[Data extracts]

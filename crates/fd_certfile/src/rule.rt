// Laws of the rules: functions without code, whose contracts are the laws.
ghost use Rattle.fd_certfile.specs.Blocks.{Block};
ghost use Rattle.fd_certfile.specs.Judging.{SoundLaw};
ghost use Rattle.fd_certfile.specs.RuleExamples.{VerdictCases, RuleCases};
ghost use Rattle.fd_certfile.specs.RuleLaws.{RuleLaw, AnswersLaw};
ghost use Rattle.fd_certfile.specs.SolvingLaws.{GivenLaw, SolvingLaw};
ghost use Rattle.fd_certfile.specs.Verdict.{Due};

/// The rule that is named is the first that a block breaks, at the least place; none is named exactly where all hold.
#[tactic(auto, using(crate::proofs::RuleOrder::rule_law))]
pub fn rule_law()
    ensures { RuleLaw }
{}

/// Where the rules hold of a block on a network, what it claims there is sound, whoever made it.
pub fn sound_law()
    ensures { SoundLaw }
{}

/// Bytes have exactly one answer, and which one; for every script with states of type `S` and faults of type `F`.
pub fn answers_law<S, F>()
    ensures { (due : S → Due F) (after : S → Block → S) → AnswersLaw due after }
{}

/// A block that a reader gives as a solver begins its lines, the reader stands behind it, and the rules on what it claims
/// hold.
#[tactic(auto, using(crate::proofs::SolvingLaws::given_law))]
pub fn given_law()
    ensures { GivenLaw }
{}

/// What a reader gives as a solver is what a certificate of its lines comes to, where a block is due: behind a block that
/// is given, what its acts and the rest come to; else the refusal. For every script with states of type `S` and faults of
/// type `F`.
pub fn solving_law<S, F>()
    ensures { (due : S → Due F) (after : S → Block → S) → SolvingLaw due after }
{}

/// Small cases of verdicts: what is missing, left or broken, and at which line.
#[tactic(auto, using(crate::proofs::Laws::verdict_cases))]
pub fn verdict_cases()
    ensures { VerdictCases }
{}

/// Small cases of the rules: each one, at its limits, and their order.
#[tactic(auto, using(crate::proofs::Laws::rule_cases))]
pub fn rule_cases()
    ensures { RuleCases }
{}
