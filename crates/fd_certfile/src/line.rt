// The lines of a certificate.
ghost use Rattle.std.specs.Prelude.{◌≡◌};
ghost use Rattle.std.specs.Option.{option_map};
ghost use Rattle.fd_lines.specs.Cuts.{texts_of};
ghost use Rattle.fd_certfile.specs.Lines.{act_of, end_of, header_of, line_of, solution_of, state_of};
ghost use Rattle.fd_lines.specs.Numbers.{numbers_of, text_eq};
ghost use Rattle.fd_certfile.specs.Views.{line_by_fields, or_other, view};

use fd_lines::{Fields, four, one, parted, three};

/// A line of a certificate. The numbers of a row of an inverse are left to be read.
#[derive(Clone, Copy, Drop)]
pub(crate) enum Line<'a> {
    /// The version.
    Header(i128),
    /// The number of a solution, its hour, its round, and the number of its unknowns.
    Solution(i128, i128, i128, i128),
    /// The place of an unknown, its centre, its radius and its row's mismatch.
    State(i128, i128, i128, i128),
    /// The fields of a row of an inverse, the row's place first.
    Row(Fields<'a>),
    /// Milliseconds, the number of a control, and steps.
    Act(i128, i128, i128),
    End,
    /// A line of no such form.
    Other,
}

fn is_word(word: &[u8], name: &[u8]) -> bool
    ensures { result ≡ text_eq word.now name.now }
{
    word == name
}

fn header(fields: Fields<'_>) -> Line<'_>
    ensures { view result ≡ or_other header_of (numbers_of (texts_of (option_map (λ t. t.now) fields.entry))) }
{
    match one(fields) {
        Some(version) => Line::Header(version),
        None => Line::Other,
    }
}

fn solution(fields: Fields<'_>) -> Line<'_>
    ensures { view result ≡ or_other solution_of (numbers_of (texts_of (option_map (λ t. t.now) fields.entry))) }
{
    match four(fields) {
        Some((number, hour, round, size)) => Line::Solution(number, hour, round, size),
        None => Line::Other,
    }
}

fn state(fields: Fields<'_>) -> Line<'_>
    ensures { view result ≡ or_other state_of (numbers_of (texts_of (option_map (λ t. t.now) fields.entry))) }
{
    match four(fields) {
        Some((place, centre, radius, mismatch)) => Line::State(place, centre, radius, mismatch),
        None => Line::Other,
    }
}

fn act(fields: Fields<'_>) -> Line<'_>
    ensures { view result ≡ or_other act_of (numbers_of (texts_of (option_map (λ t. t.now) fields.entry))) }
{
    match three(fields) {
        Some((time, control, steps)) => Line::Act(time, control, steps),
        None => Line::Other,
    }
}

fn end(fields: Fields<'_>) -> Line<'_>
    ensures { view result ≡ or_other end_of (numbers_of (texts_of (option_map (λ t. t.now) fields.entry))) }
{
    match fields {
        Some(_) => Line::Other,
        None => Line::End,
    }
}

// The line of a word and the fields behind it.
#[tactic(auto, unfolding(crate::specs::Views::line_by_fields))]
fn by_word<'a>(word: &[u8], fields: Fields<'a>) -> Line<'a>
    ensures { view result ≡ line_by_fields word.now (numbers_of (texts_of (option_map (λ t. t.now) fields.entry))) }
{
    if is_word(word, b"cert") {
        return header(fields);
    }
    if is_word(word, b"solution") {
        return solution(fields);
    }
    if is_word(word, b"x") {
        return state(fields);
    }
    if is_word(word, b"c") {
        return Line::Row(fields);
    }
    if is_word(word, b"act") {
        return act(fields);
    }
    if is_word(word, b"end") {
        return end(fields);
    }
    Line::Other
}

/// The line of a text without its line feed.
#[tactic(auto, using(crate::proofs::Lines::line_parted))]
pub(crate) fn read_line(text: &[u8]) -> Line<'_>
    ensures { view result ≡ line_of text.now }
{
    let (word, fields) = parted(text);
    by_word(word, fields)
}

---

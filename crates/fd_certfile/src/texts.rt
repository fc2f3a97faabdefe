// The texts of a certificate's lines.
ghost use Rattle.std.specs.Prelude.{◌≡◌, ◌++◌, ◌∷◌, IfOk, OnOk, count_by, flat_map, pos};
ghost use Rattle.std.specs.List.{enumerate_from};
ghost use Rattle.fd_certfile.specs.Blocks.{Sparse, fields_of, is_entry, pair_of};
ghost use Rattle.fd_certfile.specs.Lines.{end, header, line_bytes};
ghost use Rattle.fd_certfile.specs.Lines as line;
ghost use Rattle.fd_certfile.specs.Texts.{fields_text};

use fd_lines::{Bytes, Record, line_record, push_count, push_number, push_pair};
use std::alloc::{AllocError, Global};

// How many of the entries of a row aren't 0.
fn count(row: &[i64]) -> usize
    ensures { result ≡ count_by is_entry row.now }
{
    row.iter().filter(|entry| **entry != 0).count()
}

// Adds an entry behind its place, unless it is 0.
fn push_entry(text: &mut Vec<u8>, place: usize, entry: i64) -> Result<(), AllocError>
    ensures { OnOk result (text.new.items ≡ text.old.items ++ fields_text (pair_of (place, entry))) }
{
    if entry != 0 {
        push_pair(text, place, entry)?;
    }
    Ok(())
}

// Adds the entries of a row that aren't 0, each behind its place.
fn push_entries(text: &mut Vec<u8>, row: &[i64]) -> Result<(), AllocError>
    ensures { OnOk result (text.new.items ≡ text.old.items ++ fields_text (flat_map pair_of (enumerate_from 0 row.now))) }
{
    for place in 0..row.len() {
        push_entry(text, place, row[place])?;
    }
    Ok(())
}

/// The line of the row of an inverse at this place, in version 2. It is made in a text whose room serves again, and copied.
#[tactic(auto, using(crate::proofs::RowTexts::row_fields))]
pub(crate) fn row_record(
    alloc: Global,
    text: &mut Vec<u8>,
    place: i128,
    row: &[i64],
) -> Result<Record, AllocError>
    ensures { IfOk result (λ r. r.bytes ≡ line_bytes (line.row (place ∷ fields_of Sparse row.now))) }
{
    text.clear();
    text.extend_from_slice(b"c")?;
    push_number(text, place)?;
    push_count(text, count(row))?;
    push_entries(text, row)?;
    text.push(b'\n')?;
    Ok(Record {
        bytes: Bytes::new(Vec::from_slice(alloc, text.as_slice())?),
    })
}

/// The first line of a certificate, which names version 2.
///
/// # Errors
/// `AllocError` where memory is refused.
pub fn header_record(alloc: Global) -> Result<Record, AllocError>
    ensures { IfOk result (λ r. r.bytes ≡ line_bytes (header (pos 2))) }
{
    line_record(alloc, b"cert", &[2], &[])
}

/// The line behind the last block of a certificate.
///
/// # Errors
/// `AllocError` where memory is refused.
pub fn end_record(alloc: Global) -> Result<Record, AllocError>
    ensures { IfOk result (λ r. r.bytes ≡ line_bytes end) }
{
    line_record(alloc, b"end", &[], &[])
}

...

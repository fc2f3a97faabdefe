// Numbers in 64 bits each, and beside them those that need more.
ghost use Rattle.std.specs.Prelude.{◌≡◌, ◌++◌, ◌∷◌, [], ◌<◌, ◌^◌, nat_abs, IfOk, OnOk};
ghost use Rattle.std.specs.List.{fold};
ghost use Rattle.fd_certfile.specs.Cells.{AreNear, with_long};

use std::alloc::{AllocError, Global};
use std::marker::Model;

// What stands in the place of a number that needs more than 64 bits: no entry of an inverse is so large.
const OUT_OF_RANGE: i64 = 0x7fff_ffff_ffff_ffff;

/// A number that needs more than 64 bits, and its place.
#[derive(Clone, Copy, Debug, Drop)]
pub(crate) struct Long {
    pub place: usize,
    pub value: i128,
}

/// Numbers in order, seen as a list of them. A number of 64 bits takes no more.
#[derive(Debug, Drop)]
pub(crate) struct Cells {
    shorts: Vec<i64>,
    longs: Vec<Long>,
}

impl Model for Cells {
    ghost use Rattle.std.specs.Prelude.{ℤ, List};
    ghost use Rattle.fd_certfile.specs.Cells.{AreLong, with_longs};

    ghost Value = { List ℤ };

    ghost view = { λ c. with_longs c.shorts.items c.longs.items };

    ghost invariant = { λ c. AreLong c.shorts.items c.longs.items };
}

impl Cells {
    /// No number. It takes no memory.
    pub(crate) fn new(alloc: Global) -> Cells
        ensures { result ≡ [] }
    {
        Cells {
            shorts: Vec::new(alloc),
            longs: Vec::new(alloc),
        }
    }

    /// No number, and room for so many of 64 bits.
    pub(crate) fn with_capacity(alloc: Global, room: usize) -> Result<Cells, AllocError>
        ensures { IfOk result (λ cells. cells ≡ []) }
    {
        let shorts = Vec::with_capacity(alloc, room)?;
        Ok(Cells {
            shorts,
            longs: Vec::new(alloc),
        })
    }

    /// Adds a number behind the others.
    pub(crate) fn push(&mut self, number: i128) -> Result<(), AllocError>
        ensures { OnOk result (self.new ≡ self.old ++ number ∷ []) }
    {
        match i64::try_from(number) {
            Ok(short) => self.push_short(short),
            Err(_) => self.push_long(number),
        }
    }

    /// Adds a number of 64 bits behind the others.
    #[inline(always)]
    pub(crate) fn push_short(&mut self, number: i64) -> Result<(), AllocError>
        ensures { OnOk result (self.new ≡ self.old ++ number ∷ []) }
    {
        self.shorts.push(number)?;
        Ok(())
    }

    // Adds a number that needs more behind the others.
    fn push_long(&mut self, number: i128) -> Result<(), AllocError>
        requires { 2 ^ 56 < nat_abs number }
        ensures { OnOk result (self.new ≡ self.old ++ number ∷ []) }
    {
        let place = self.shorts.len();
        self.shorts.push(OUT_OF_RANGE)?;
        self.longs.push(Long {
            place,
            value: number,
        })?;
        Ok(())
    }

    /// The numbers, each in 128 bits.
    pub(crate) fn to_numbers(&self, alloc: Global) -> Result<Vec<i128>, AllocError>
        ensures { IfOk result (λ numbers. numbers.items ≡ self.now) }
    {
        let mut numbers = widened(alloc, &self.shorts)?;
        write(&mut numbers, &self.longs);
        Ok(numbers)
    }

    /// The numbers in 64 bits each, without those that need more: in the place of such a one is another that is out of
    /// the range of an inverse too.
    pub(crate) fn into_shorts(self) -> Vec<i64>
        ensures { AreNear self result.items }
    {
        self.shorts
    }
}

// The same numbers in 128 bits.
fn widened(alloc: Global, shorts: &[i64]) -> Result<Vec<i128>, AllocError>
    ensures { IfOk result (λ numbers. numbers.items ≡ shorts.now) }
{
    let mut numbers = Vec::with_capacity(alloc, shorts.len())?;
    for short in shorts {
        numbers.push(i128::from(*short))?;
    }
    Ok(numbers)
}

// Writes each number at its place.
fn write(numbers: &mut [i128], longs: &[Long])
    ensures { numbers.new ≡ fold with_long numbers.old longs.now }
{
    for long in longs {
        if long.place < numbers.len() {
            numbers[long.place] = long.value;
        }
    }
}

[Try it] Wherever the string "others" appears in the entries above, return the line it appears on.

[Answer for this exercise]
    /// Adds a number behind the others.
    /// Adds a number of 64 bits behind the others.
    // Adds a number that needs more behind the others.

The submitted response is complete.